### [WORK INSTRUCTIONS]
Reproduce the line containing "thread::yield_now();" and every line after it through the end of the records. Include nothing else.

::: MATERIAL PROVIDED

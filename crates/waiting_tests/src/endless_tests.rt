// A build over modules without end stops at its budget.
use crate::endless::{Endless, EndlessServices, Numbered};
use build_options::BuildOptions;
use build_reports::NullModuleInfoCacher;
use graph_builder::BuildFault;
use graph_core::{GraphKind, ModuleGraph};
use graph_printing::graph_text;
use graph_tests::read;
use program_phases::Tellers;
use spec_base::ModuleSpecifier;
use std::alloc::Global;
use std::sync::atomic::{AtomicU64, Ordering};
use std::sync::{Arc, Wait};
use std::test::*;
use std::thread::Threads;
use waiting_builds::build_pooled;

// The text of the empty graph.
const NONE: &str = r#"{"modules":[],"redirects":{},"roots":[]}
valid
"#;

fn endless(alloc: Global) -> Result<Arc<Endless, Global>, Fail> {
    let fetched = AtomicU64::new(0);
    match Arc::new(alloc, Endless { alloc, fetched }) {
        Ok(fetcher) => Ok(fetcher),
        Err(_) => Err(Fail::new("no memory")),
    }
}

// What a build is given: an analyzer without end, and a thousand questions.
fn options(tellers: &Tellers) -> BuildOptions<'_, EndlessServices> {
    BuildOptions {
        is_dynamic: false,
        skip_dynamic_deps: false,
        unstable_bytes_imports: false,
        unstable_css_imports: false,
        unstable_config_imports: false,
        passthrough_jsr_specifiers: false,
        prefer_cached_jsr_versions: false,
        module_analyzer: &Numbered,
        module_info_cacher: &NullModuleInfoCacher,
        file_system: &tellers.tree,
        jsr_url_provider: &tellers.urls,
        jsr_version_resolver: &tellers.versions,
        resolver: None,
        npm_resolver: None,
        reporter: None,
        locker: None,
        jsr_metadata_store: None,
        max_loads: 1000,
    }
}

// Whether a build over a fetcher, whose owner fetches, stops at its budget and leaves the empty graph.
fn is_spent<R>(
    rt: &R,
    alloc: Global,
    tellers: &Tellers,
    fetcher: Arc<Endless, Global>,
) -> Result<bool, Fail>
where
    R: Wait + Threads + Clone + Drop + Send + Sync + 'static,
{
    let mut roots = Vec::new(alloc);
    roots.push(ModuleSpecifier::parse(alloc, "file:///0.js")?)?;
    let mut options = options(tellers);
    let mut graph = ModuleGraph::new(alloc, GraphKind::All);
    let built = build_pooled(
        rt,
        alloc,
        &mut graph,
        roots,
        Vec::new(alloc),
        fetcher,
        0,
        &mut options,
    );
    Ok(matches!(built, Err(BuildFault::Budget)) && graph_text(alloc, &graph)?.as_str() == NONE)
}

#[test]
fn modules_without_end_spend_the_budget(rt: HostRuntime) -> Result<(), Fail> {
    let alloc = rt.alloc();
    let input = read(alloc, "{\"version\":1}")?;
    let tellers = Tellers::new(alloc, input.get())?;
    let fetcher = endless(alloc)?;
    let seen = Arc::try_clone(&fetcher)?;
    assert!(rt; is_spent(&rt, alloc, &tellers, fetcher)?);
    assert!(rt; seen.fetched.load(Ordering::SeqCst) == 1000);
    Ok(())
}
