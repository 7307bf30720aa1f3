// Modules without end: each imports the next one.
use build_reports::{NullModuleInfoCacher, NullReporter};
use file_tree::MemoryTree;
use media_types::MediaType;
use module_info::{
    DependencyDescriptor, ImportAttributes, ModuleAnalyzer, ModuleInfo, StaticDependencyDescriptor,
    StaticDependencyKind,
};
use npm_resolver::TableNpmResolver;
use slot_making::Services;
use source_io::{
    Answer, CacheInfo, DEFAULT_MAX_REDIRECTS, DefaultJsrUrlProvider, Fetch, HashMapLocker,
    LoadResponse, Question, WorldResolver,
};
use spec_base::{Bytes, Fault, ModuleSpecifier, PositionRange, Refusal, Text};
use std::alloc::{AllocError, Global};
use std::sync::atomic::{AtomicU64, Ordering};

/// A fetcher that answers each question with a module without a text, and tells no world. It is asked by one thread.
#[derive(Drop)]
pub struct Endless {
    pub alloc: Global,
    pub fetched: AtomicU64,
}

impl Fetch for Endless {
    ghost use Rattle.std.specs.Prelude.{None, false};

    ghost world = { λ _. None };

    ghost caches = { λ _. false };

    fn fetch(&self, question: &Question) -> Result<Answer, AllocError> {
        let fetched = self.fetched.load(Ordering::SeqCst).saturating_add(1);
        self.fetched.store(fetched, Ordering::SeqCst);
        Ok(Answer::Load(Ok(Some(LoadResponse::Module {
            content: Bytes::from_slice(self.alloc, b"")?,
            mtime: None,
            specifier: question.specifier.clone()?,
            maybe_headers: None,
        }))))
    }

    fn max_redirects(&self) -> usize {
        DEFAULT_MAX_REDIRECTS
    }

    fn cache_info_enabled(&self) -> bool {
        false
    }

    fn get_cache_info(
        &self,
        _specifier: &ModuleSpecifier,
    ) -> Result<Option<CacheInfo>, AllocError> {
        Ok(None)
    }
}

/// An analyzer that has `file:///N.js` import `file:///(N+1).js`.
pub struct Numbered;

// The text of the module after that at a specifier.
fn next_after(alloc: Global, specifier: &str) -> Result<Text, AllocError> {
    let name = specifier.strip_prefix("file:///").unwrap_or("");
    let next = match name.strip_suffix(".js").unwrap_or("").parse::<u64>() {
        Ok(number) => number.saturating_add(1),
        Err(_) => 0,
    };
    Text::from_str(alloc, format!(in alloc; "file:///{next}.js")?.as_str())
}

impl ModuleAnalyzer for Numbered {
    ghost use Rattle.std.specs.Prelude.{None};

    ghost infos = { λ _. None };

    fn analyze(
        &self,
        alloc: Global,
        specifier: &ModuleSpecifier,
        _source: &str,
        _media_type: MediaType,
    ) -> Result<ModuleInfo, Refusal<Fault>> {
        let import = StaticDependencyDescriptor {
            kind: StaticDependencyKind::Import,
            types_specifier: None,
            specifier: next_after(alloc, specifier.as_str())?,
            specifier_range: PositionRange::zeroed(),
            import_attributes: ImportAttributes::None,
            is_side_effect: false,
        };
        let mut info = ModuleInfo::empty(alloc);
        info.dependencies
            .push(DependencyDescriptor::Static(import))?;
        Ok(info)
    }
}

/// What a build is given where that analyzer tells the imports.
pub struct EndlessServices;

impl Services for EndlessServices {
    type Lock = HashMapLocker;

    type Tree = MemoryTree;

    type Urls = DefaultJsrUrlProvider;

    type Analyze = Numbered;

    type Resolve = WorldResolver;

    type Npm = TableNpmResolver;

    type Cache = NullModuleInfoCacher;

    type Report = NullReporter;
}
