//! Tests of builds whose loader waits, and of builds whose answers are kept and given again, by their public calls.
#![tactic(auto)]

#[cfg(test)]
mod endless;
#[cfg(test)]
mod endless_tests;
#[cfg(test)]
mod meeting;
#[cfg(test)]
mod meeting_tests;
#[cfg(test)]
mod replayed_tests;
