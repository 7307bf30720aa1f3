// A build that is recorded, and built once more by the bytes of what was recorded. What stores have, and which graphs they lead to, stands in
// `tests/tools`.
use graph_core::ModuleGraph;
use graph_printing::graph_text;
use graph_tests::{loader_of, read};
use program_phases::Tellers;
use slot_making::WorldServices;
use std::alloc::Global;
use std::test::Fail;
use store_turns::{BuildInput, ReplayFault, StoredBuild, replayed};
use world_file::Input;

// A module, and packages of npm, for which no question is put; one of them isn't resolved.
const WORLD: &str =
    r#"{"version":1,"roots":["npm:left@1","file:///a.js"],"sources":{"file:///a.js":{"kind":"module","text":"A"}},"infos":{"file:///a.js":{"dependencies":[
{"type":"static","kind":"import","specifier":"npm:chalk@^5","specifierRange":[[0,7],[0,21]]},{"type":"dynamic","argument":"npm:chalk@4",
"argumentRange":[[1,7],[1,20]]}]}},"npm":{"packages":{"left@1":{"class":"Error","message":"No version of left is 1."}},
"graph":{"class":"Busy","message":"Try later"}}}"#;

fn given<'a>(
    alloc: Global,
    input: &'a Input,
    tellers: &'a Tellers,
) -> Result<BuildInput<'a, WorldServices>, Fail> {
    let roots = input.roots.try_clone()?.into_vec();
    Ok(BuildInput {
        kind: input.kind,
        roots,
        imports: Vec::new(alloc),
        options: tellers.options(None, &input.settings, input.max_loads),
    })
}

// Whether a second build left the graph of the first one.
fn is_same(
    alloc: Global,
    first: &ModuleGraph,
    second: &Result<StoredBuild<'_, WorldServices>, ReplayFault>,
) -> Result<bool, Fail> {
    let Ok(second) = second else {
        return Ok(false);
    };
    let wanted = graph_text(alloc, first)?;
    let came = graph_text(alloc, &second.graph)?;
    Ok(wanted.as_str() == came.as_str())
}

// Whether a build of an input puts one question and keeps one answer, by which a second build leaves its graph.
fn is_replayed(alloc: Global, input: &Input) -> Result<bool, Fail> {
    let tellers = Tellers::new(alloc, input)?;
    let first = given(alloc, input, &tellers)?;
    let again = given(alloc, input, &tellers)?;
    let done = replayed(alloc, first, again, loader_of(alloc, input)?)?;
    let is_one = done.first.questions == 1 && done.store.entries().len() == 1;
    Ok(is_one && is_same(alloc, &done.first.graph, &done.second)?)
}

#[test]
fn a_store_leads_to_the_same_graph(rt: HostRuntime) -> Result<(), Fail> {
    let input = read(rt.alloc(), WORLD)?;
    assert!(rt; is_replayed(rt.alloc(), input.get())?);
    Ok(())
}
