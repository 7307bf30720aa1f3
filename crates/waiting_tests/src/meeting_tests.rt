// Workers fetch beside each other.
use crate::meeting::Meeting;
use graph_core::{GraphKind, ModuleGraph};
use graph_printing::graph_text;
use program_phases::Tellers;
use source_io::{World, WorldLoader};
use spec_base::ModuleSpecifier;
use std::alloc::Global;
use std::sync::atomic::Ordering;
use std::sync::{Arc, Wait};
use std::test::*;
use std::thread::Threads;
use waiting_builds::build_pooled;
use world_file::{Input, Settings, world_of};

// Two roots, which are two modules.
const WORLD: &str =
    r#"{"version":1,"roots":["file:///a.js","file:///b.js"],"sources":{"file:///a.js":{"kind":"module","text":"A"},
"file:///b.js":{"kind":"module","text":"BB"}}}"#;

// Their graph.
const TEXT: &str =
    r#"{"modules":[{"kind":"esm","mediaType":"JavaScript","size":1,"specifier":"file:///a.js"},{"kind":"esm","mediaType":"JavaScript","size":2,"specifier":"file:///b.js"}],"redirects":{},"roots":["file:///a.js","file:///b.js"]}
valid
"#;

fn read(alloc: Global) -> Result<Input, Fail> {
    match world_of(alloc, WORLD.as_bytes()) {
        Ok(input) => Ok(input),
        Err(_) => Err(Fail::new("no world file")),
    }
}

// A fetcher over a world whose fetches of the two roots wait for one another.
fn meeting_of(alloc: Global, world: World) -> Result<Arc<Meeting, Global>, Fail> {
    let loader = WorldLoader::new(alloc, world, Vec::new(alloc), Vec::new(alloc))?;
    match Arc::new(alloc, Meeting::new(loader)) {
        Ok(fetcher) => Ok(fetcher),
        Err(_) => Err(Fail::new("no memory")),
    }
}

// The text of the graph of some roots, as two workers over a fetcher build it.
fn built_by<R>(
    rt: &R,
    alloc: Global,
    tellers: &Tellers,
    settings: &Settings,
    roots: Vec<ModuleSpecifier>,
    fetcher: Arc<Meeting, Global>,
) -> Result<String, Fail>
where
    R: Wait + Threads + Clone + Drop + Send + Sync + 'static,
{
    let mut options = tellers.options(None, settings, 100);
    let mut graph = ModuleGraph::new(alloc, GraphKind::All);
    let built = build_pooled(
        rt,
        alloc,
        &mut graph,
        roots,
        Vec::new(alloc),
        fetcher,
        2,
        &mut options,
    );
    if built.is_err() {
        return Err(Fail::new("not built"));
    }
    Ok(graph_text(alloc, &graph)?)
}

// A body that fetches on one thread, in whatever order, comes to the limit of a hold.
#[test]
fn two_workers_meet(rt: HostRuntime) -> Result<(), Fail> {
    let alloc = rt.alloc();
    let input = read(alloc)?;
    let tellers = Tellers::new(alloc, &input)?;
    let Input {
        roots,
        world,
        settings,
        ..
    } = input;
    let fetcher = meeting_of(alloc, world)?;
    let seen = Arc::try_clone(&fetcher)?;
    let roots = roots.into_vec();
    let text = built_by(&rt, alloc, &tellers, &settings, roots, fetcher)?;
    assert!(rt; text.as_str() == TEXT);
    assert!(rt; seen.gave_up.load(Ordering::SeqCst) == 0);
    Ok(())
}
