// A fetcher whose fetches of two modules wait for one another.
use source_io::{Answer, CacheInfo, Fetch, Question, WorldLoader};
use spec_base::ModuleSpecifier;
use std::alloc::AllocError;
use std::sync::atomic::{AtomicU64, Ordering};
use std::thread;

/// A fetcher that holds its fetch of `file:///a.js` until that of `file:///b.js` has begun, and the other way round, each for so
/// many turns at most. It answers by a world, and tells none.
#[derive(Drop)]
pub struct Meeting {
    pub loader: WorldLoader,
    pub a_began: AtomicU64,
    pub b_began: AtomicU64,
    /// 1 where a hold came to its limit.
    pub gave_up: AtomicU64,
}

// The most turns of a hold.
const TURNS: u64 = 1_000_000_000;

impl Meeting {
    /// A fetcher over a world, which holds nothing yet.
    pub fn new(loader: WorldLoader) -> Meeting {
        Meeting {
            loader,
            a_began: AtomicU64::new(0),
            b_began: AtomicU64::new(0),
            gave_up: AtomicU64::new(0),
        }
    }

    // Says that one fetch has begun, and waits until the other one has.
    fn hold(&self, mine: &AtomicU64, other: &AtomicU64) {
        mine.store(1, Ordering::SeqCst);
        for _ in 0..TURNS {
            if other.load(Ordering::SeqCst) == 1 {
                return;
            }
            thread::yield_now();
        }
        self.gave_up.store(1, Ordering::SeqCst);
    }
}

impl Fetch for Meeting {
    ghost use Rattle.std.specs.Prelude.{None, false};

    ghost world = { λ _. None };

    ghost caches = { λ _. false };

    fn fetch(&self, question: &Question) -> Result<Answer, AllocError> {
        if question.specifier.as_str() == "file:///a.js" {
            self.hold(&self.a_began, &self.b_began);
        }
        if question.specifier.as_str() == "file:///b.js" {
            self.hold(&self.b_began, &self.a_began);
        }
        self.loader.fetch(question)
    }

    fn max_redirects(&self) -> usize {
        Fetch::max_redirects(&self.loader)
    }

    fn cache_info_enabled(&self) -> bool {
        false
    }

    fn get_cache_info(
        &self,
        _specifier: &ModuleSpecifier,
    ) -> Result<Option<CacheInfo>, AllocError> {
        Ok(None)
    }
}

::::::

### [REPLY]
            thread::yield_now();
        }
        self.gave_up.store(1, Ordering::SeqCst);
    }
}

impl Fetch for Meeting {
    ghost use Rattle.std.specs.Prelude.{None, false};

    ghost world = { λ _. None };

    ghost caches = { λ _. false };

    fn fetch(&self, question: &Question) -> Result<Answer, AllocError> {
        if question.specifier.as_str() == "file:///a.js" {
            self.hold(&self.a_began, &self.b_began);
        }
        if question.specifier.as_str() == "file:///b.js" {
            self.hold(&self.b_began, &self.a_began);
        }
        self.loader.fetch(question)
    }

    fn max_redirects(&self) -> usize {
        Fetch::max_redirects(&self.loader)
    }

    fn cache_info_enabled(&self) -> bool {
        false
    }

    fn get_cache_info(
        &self,
        _specifier: &ModuleSpecifier,
    ) -> Result<Option<CacheInfo>, AllocError> {
        Ok(None)
    }
}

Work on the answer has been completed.